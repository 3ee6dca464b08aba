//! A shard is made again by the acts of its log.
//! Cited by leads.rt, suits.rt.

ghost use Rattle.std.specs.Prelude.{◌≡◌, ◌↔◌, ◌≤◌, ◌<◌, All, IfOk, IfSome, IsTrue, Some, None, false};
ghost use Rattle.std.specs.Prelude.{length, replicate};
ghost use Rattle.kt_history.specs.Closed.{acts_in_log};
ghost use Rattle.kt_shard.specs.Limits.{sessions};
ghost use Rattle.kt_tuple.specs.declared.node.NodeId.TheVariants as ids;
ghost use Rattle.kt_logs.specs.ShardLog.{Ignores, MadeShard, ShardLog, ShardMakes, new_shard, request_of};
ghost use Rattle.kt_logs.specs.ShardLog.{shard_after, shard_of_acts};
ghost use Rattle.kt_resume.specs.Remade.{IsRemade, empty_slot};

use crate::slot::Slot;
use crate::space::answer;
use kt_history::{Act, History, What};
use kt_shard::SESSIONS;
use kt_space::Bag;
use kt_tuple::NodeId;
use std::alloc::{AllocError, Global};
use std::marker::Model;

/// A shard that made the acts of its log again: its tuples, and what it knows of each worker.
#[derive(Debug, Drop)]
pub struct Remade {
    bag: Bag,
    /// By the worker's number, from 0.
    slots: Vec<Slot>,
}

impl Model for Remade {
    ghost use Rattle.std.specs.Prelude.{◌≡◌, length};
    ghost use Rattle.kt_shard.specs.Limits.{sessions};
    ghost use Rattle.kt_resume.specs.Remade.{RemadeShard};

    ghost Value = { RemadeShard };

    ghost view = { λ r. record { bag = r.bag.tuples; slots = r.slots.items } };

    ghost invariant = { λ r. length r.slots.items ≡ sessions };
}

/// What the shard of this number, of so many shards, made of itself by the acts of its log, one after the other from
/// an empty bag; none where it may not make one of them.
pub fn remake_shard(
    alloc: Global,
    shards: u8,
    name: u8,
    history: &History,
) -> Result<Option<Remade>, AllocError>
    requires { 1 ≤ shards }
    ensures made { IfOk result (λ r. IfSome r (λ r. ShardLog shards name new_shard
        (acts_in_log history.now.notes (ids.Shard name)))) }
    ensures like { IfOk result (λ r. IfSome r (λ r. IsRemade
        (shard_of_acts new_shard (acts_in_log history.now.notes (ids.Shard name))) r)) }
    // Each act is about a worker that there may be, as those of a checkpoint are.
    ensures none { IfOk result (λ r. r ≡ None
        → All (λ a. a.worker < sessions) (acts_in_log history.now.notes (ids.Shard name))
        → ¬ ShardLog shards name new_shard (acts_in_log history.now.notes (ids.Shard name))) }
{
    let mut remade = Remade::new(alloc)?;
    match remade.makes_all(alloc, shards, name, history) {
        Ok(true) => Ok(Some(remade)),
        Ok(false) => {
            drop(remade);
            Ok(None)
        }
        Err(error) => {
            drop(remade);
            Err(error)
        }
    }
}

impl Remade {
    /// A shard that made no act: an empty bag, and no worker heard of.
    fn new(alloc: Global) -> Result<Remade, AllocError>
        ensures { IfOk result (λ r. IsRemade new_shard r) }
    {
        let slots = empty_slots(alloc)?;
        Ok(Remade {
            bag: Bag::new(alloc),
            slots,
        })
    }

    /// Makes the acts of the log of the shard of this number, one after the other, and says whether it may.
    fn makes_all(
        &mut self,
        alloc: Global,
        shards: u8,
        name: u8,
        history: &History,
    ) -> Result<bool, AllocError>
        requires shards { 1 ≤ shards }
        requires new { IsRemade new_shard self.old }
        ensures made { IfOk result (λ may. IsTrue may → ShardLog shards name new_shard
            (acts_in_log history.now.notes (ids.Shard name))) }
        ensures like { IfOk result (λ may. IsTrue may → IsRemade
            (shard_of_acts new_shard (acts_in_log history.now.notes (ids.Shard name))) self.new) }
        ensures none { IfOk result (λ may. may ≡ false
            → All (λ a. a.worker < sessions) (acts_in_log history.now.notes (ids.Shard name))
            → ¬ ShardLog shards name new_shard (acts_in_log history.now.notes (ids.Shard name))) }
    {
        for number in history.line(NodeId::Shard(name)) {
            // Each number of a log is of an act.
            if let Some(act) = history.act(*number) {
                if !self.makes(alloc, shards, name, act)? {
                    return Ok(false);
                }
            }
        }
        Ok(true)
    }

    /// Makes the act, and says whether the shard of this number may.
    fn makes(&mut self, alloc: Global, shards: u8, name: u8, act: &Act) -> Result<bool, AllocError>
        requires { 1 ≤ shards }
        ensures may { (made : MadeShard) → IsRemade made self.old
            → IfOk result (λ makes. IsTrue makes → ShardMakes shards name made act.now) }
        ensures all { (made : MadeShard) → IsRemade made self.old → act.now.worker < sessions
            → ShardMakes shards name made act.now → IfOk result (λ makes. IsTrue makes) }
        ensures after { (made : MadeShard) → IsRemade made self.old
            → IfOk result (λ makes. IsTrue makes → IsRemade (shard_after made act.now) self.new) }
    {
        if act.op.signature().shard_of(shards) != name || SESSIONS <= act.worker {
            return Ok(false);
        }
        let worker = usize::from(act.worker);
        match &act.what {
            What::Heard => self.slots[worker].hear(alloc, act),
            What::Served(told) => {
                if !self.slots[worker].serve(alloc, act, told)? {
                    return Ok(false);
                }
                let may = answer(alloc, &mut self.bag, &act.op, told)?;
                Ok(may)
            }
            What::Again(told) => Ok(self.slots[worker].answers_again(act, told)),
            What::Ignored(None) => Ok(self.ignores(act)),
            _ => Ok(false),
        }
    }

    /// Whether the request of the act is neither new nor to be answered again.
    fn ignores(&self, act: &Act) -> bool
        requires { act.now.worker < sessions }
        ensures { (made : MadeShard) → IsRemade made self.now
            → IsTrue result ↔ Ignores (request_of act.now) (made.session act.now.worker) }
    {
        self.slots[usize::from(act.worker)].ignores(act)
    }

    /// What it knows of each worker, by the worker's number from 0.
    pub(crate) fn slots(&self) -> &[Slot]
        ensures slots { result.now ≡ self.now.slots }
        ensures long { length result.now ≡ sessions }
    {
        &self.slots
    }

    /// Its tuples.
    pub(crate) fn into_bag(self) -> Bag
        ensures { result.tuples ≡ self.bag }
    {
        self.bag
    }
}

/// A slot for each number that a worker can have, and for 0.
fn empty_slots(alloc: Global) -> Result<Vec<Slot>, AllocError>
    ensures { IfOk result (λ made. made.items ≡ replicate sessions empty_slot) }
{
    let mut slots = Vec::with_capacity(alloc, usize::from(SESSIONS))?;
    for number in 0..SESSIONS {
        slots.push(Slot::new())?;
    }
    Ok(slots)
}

▸ AIM OF THE EXERCISE
Across the data above, how many lines include the word "length"? Give only the count.

▸ EXERCISE SOLUTION
4